One plausible explanation: forward packets from Mersing follow a short BGP-preferred route across EWSCS, while return packets from Penarik are sometimes routed through Jakarta or Singapore IX peering, then back across alternate cables, before reaching Mersing. When those alternate paths are uncongested, the round-trip ratio still feels reasonable; when congestion hits, RTT balloons to 500+ ms. The signature is exactly what we see: very low minimum (one direction uses the cable) and very high maximum (the return takes a long detour).

What This Tells Us About Regional Cables

EWSCS is by design a regional asset — Sacofa-owned, terminating at minor coastal sites rather than mega-IXes — and the measurement story it tells is also regional. Most of our other cables in this dossier carry trans-oceanic traffic, where path symmetry is enforced by the small number of viable carriers. Regional cables like EWSCS sit in a denser mesh where alternate paths are abundant, BGP decisions cheap to make, and asymmetry the norm rather than the exception.

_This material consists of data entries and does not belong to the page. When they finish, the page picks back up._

// The WGS84 ellipsoid over the series set: its constants, which need not be reckoned again, its edges
// and its whole area. Outlines are drawn on it, or on a plate.
#![tactic(auto)]

ghost use Rattle.std.specs.Prelude.{◌≡◌};
ghost use Rattle.functions.specs.Series.{series};
ghost use Rattle.ellipsoid.specs.Ellipsoids.{whole_of};
ghost use Rattle.geodesic.specs.Answers.{edge_of};
ghost use Rattle.earth.specs.Wgs84 as Definitions;

mod grounds;

use ellipsoid::capability::POLYGONAREA_MASK;
use ellipsoid::shape::{Ellipsoid, WGS84_A, WGS84_F};
use functions::SeriesSet;
pub use grounds::Ground;
use inverse::_gen_inverse;
use surface::Edge;

// What Ellipsoid::new reckons from WGS84_A and WGS84_F over the series set.
static WGS84: Ellipsoid = Ellipsoid {
    a: WGS84_A,
    f: WGS84_F,
    f1: 0.9966471893352525,
    e2: 0.0066943799901413165,
    ep2: 0.006739496742276434,
    n: 0.0016792203863837047,
    b: 6356752.314245179,
    c2: 40589732499314.76,
    etol2: 3.6424611488788524e-8,
    A3x: [
        -0.0234375,
        -0.046927475637074494,
        -0.06281503005876607,
        -0.2502088451303832,
        -0.49916038980680816,
        1.0,
    ],
    C3x: [
        0.0234375,
        0.03908873781853724,
        0.04695366939653196,
        0.12499964752736174,
        0.24958019490340408,
        0.01953125,
        0.02345061890926862,
        0.046822392185686165,
        0.062342661206936094,
        0.013671875,
        0.023393770302437927,
        0.025963026642854565,
        0.013671875,
        0.01362595881755982,
        0.008203125,
    ],
    C4x: [
        0.00646020646020646,
        0.0035037627212872787,
        0.034742279454780166,
        -0.01921732223244865,
        -0.19923321555984239,
        0.6662190894642603,
        0.000111000111000111,
        0.003426620602971002,
        -0.009510765372597735,
        -0.01893413691235592,
        0.0221370239510936,
        0.0007459207459207459,
        -0.004142006291321442,
        -0.00504225176309005,
        0.007584982177746079,
        -0.0021565735851450138,
        -0.001962613370670692,
        0.0036104265913438913,
        -0.0009472009472009472,
        0.0020416649913317735,
        0.0012916376552740189,
    ],
};

// The constants of the ellipsoid.
#[tactic(auto, using(crate::specs::Numbers::wgs84_is))]
pub fn wgs84() -> &'static Ellipsoid
    ensures { result.now ≡ Definitions.wgs84 }
{
    &WGS84
}

// An edge of an outline on the ellipsoid. The argument list is that of `Surface::edge`.
#[tactic(auto, unfolding(geodesic::specs::Answers::edge_of))]
pub fn wgs84_edge(lat1: f64, lon1: f64, lat2: f64, lon2: f64) -> Edge
    ensures { result ≡ edge_of series Definitions.wgs84 lat1 lon1 lat2 lon2 }
{
    _gen_inverse(
        &SeriesSet,
        wgs84(),
        lat1,
        lon1,
        lat2,
        lon2,
        POLYGONAREA_MASK,
    )
    .into()
}

// The whole area of the ellipsoid.
pub fn wgs84_area() -> f64
    ensures { result ≡ whole_of Definitions.wgs84 }
{
    wgs84().area()
}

The minimum RTT of 15.76 ms tells us the fibre itself is healthy and forward routing is using it. The average of 227 ms tells us the return path is going through something else, somewhere else. Continuous monitoring will reveal whether this asymmetry is stable (BGP picking the same alternate path consistently) or fluctuating (multiple paths chosen across the day). Either reading would be useful.

EWSCS in the Regional Cable Mesh

EWSCS is one of several Sacofa-operated cables linking Peninsular Malaysia, Sarawak, and Indonesian Sumatra. It coexists in the regional mesh with SEAX-1, B2JS, MCS, and shorter domestic cables, all of which provide redundant paths between Singapore-area landings and the broader Indonesian archipelago. The 2004 RFS date places EWSCS in the post-dot-com cable era — cables built for survival rather than the speculative oversupply of the late 1990s — and twenty years of operation have given it ample time to integrate into a complex web of regional carriers.

What makes EWSCS interesting for measurement work is precisely this: a healthy 950 km cable with a clear physics-floor signal in the forward direction, embedded in enough alternate-route infrastructure to produce dramatic asymmetry in the round-trip view. It is a small cable that teaches a large lesson about how submarine fibre actually behaves once it leaves the lab.

Why This Cable Matters for Network Researchers

For practitioners and researchers studying submarine cable behaviour, EWSCS sits in a useful spot. Long trans-oceanic systems make for clean physics-floor demonstrations because their length swamps any access-network noise. Very short fibres are dominated entirely by access. EWSCS at 950 km lies near the boundary where both effects matter equally — making it a sensitive probe for how regional carriers in Southeast Asia actually wire their inter-network handoffs. The contrast we see between local and remote measurement origins is, in that sense, a tutorial in why distance and predictability often have an inverse relationship in real networks.